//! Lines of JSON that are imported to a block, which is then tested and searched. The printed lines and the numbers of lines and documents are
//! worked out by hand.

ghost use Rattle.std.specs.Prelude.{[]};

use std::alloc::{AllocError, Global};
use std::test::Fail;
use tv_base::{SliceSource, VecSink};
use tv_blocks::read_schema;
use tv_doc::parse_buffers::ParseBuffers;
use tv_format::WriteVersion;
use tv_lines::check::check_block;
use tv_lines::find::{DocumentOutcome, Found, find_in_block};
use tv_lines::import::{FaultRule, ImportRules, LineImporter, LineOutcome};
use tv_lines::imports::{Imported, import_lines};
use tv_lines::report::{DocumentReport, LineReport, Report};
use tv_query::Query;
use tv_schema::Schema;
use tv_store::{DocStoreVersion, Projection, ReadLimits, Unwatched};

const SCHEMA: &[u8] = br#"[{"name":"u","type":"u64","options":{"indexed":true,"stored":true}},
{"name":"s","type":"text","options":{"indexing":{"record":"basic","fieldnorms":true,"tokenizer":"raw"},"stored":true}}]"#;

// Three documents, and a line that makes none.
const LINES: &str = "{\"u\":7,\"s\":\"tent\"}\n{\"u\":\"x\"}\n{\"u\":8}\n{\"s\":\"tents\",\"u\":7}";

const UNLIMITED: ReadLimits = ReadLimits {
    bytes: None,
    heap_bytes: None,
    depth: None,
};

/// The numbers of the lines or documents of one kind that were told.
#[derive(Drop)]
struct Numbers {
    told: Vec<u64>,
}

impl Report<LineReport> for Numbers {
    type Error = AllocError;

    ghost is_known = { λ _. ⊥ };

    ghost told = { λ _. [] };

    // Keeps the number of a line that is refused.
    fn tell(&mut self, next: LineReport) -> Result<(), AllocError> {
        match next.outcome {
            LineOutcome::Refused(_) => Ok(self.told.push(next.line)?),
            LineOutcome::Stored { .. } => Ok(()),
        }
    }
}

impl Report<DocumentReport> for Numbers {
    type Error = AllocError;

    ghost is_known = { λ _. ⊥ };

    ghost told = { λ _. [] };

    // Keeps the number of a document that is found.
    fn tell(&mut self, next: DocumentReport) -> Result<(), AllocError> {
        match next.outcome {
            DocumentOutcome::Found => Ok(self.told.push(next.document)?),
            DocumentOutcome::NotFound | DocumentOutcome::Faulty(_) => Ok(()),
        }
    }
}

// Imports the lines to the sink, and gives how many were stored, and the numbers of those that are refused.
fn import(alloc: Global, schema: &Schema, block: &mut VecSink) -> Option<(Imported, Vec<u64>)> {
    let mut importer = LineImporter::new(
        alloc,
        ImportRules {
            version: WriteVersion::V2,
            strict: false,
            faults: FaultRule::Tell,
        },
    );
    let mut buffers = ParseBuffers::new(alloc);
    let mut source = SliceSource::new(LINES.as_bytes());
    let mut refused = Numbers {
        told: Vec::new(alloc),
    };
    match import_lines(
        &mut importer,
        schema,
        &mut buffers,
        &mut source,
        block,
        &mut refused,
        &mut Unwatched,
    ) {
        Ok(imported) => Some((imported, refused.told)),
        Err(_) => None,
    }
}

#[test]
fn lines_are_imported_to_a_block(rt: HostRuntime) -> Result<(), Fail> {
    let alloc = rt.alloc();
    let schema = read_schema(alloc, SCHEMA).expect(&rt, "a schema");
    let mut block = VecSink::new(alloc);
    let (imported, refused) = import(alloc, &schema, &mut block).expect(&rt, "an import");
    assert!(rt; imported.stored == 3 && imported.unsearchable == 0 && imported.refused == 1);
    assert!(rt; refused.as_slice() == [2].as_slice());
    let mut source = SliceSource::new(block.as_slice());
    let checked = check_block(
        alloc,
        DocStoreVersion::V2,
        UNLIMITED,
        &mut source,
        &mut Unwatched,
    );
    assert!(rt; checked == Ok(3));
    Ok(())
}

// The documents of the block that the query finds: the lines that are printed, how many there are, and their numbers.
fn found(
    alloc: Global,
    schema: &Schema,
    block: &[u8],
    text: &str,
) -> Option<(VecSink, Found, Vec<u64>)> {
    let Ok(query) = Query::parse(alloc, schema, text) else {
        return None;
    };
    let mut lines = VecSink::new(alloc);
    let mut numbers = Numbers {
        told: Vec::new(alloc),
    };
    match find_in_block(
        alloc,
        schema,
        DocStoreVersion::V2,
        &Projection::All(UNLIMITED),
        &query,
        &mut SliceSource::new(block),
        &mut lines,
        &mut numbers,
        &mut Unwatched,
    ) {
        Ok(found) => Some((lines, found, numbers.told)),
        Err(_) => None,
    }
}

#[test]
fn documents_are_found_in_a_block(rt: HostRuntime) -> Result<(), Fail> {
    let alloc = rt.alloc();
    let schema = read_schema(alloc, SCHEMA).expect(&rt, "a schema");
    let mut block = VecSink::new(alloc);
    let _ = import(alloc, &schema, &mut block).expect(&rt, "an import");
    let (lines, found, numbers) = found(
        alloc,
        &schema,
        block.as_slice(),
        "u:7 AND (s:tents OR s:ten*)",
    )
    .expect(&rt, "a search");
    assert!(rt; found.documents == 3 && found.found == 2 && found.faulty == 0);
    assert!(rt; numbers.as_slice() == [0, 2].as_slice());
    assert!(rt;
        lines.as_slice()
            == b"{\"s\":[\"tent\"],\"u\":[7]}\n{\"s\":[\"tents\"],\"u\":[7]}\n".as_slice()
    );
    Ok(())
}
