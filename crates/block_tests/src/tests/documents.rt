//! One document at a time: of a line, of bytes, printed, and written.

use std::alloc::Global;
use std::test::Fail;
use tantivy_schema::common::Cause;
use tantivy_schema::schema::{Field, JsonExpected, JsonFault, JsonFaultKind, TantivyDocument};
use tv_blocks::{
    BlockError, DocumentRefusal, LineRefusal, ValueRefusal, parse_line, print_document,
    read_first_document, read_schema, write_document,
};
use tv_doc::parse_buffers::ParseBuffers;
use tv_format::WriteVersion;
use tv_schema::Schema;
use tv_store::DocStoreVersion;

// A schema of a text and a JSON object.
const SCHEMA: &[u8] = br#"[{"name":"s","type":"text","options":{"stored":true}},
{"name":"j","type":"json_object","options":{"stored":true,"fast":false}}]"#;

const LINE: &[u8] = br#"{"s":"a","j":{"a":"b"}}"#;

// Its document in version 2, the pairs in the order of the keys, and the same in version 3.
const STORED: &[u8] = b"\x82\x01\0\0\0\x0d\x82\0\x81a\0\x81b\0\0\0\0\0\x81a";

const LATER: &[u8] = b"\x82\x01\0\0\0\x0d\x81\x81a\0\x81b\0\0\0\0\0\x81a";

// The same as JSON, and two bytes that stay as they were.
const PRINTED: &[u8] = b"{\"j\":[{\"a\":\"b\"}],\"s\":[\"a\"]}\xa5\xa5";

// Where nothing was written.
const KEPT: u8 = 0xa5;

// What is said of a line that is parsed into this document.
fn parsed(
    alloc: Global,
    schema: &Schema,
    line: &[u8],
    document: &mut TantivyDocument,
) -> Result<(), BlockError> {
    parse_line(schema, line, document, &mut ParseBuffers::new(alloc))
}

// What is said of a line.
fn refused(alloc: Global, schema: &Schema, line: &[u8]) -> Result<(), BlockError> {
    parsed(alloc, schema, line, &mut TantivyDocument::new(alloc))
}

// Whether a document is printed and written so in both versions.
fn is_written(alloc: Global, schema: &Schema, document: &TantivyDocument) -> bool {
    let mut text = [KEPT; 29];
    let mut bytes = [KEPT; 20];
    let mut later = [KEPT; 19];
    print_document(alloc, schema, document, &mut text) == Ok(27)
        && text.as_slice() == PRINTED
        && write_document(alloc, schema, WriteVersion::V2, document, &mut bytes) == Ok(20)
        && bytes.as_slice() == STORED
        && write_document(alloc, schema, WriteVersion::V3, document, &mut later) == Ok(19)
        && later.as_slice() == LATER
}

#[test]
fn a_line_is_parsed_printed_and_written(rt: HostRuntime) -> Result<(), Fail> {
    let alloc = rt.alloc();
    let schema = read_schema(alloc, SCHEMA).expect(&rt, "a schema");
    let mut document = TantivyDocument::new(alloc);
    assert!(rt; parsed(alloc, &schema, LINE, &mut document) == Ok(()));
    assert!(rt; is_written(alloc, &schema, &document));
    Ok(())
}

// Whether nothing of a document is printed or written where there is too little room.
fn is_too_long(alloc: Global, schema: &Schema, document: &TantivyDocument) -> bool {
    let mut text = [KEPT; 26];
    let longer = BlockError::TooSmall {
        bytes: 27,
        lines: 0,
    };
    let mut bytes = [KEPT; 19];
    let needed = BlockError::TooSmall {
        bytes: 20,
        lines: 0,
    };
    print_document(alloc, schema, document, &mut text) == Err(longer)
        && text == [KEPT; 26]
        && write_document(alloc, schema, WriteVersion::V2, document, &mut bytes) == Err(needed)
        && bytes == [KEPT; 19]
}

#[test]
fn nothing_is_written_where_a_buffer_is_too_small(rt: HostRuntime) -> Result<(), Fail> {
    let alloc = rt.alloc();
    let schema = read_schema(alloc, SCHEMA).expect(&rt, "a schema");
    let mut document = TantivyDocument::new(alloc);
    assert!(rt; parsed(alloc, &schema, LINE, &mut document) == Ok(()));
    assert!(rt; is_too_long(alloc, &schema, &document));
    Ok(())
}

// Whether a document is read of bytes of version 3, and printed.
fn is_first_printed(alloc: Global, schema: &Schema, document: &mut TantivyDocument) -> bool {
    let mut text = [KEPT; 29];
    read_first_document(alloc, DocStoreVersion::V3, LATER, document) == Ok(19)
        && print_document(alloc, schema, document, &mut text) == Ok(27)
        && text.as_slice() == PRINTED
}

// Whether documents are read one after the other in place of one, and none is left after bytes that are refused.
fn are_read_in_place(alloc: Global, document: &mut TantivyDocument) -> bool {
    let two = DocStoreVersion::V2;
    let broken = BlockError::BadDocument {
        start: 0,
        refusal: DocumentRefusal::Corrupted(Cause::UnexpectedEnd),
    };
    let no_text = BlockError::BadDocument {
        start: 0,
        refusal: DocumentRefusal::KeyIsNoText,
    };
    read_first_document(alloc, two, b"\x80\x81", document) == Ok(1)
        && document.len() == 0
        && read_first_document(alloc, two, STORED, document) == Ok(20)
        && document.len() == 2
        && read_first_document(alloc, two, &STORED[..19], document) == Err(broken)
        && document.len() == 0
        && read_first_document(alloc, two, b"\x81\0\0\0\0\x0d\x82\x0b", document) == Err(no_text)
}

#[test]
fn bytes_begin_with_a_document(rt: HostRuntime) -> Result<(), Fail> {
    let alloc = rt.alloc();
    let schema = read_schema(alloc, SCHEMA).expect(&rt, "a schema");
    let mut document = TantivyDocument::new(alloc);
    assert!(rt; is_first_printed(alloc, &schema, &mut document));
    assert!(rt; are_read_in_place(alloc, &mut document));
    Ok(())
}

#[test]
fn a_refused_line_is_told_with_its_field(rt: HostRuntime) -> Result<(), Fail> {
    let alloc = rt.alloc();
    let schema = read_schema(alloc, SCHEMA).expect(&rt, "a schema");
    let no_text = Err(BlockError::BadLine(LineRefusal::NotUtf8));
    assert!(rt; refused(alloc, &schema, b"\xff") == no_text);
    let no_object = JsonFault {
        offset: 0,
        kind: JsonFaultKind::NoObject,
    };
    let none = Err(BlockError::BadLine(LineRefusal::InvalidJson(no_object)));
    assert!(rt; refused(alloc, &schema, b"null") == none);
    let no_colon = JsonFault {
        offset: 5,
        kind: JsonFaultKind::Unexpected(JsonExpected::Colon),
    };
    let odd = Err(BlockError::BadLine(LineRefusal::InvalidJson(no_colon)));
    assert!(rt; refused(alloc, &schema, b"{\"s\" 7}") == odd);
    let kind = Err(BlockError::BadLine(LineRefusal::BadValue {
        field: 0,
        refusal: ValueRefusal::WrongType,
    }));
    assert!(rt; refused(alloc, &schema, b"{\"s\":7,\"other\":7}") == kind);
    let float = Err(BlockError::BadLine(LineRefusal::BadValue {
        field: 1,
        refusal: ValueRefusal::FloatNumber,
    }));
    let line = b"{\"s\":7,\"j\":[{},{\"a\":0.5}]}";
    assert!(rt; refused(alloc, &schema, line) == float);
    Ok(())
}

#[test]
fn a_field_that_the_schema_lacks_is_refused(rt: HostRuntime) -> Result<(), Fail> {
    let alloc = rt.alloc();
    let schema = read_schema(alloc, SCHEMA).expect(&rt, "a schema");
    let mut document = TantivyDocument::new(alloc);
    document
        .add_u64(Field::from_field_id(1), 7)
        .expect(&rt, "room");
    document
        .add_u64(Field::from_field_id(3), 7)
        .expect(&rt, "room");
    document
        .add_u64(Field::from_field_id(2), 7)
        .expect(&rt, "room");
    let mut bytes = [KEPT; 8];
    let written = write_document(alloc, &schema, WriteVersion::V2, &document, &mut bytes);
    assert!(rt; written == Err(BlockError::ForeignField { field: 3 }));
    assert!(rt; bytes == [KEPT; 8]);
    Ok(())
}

◆ **TASK STATEMENT**: Wherever a line of the data holds "VecSink", copy that line.

◆ **EXERCISE ANSWER**:
use tv_base::{SliceSource, VecSink};
fn import(alloc: Global, schema: &Schema, block: &mut VecSink) -> Option<(Imported, Vec<u64>)> {
    let mut block = VecSink::new(alloc);
) -> Option<(VecSink, Found, Vec<u64>)> {
    let mut lines = VecSink::new(alloc);
    let mut block = VecSink::new(alloc);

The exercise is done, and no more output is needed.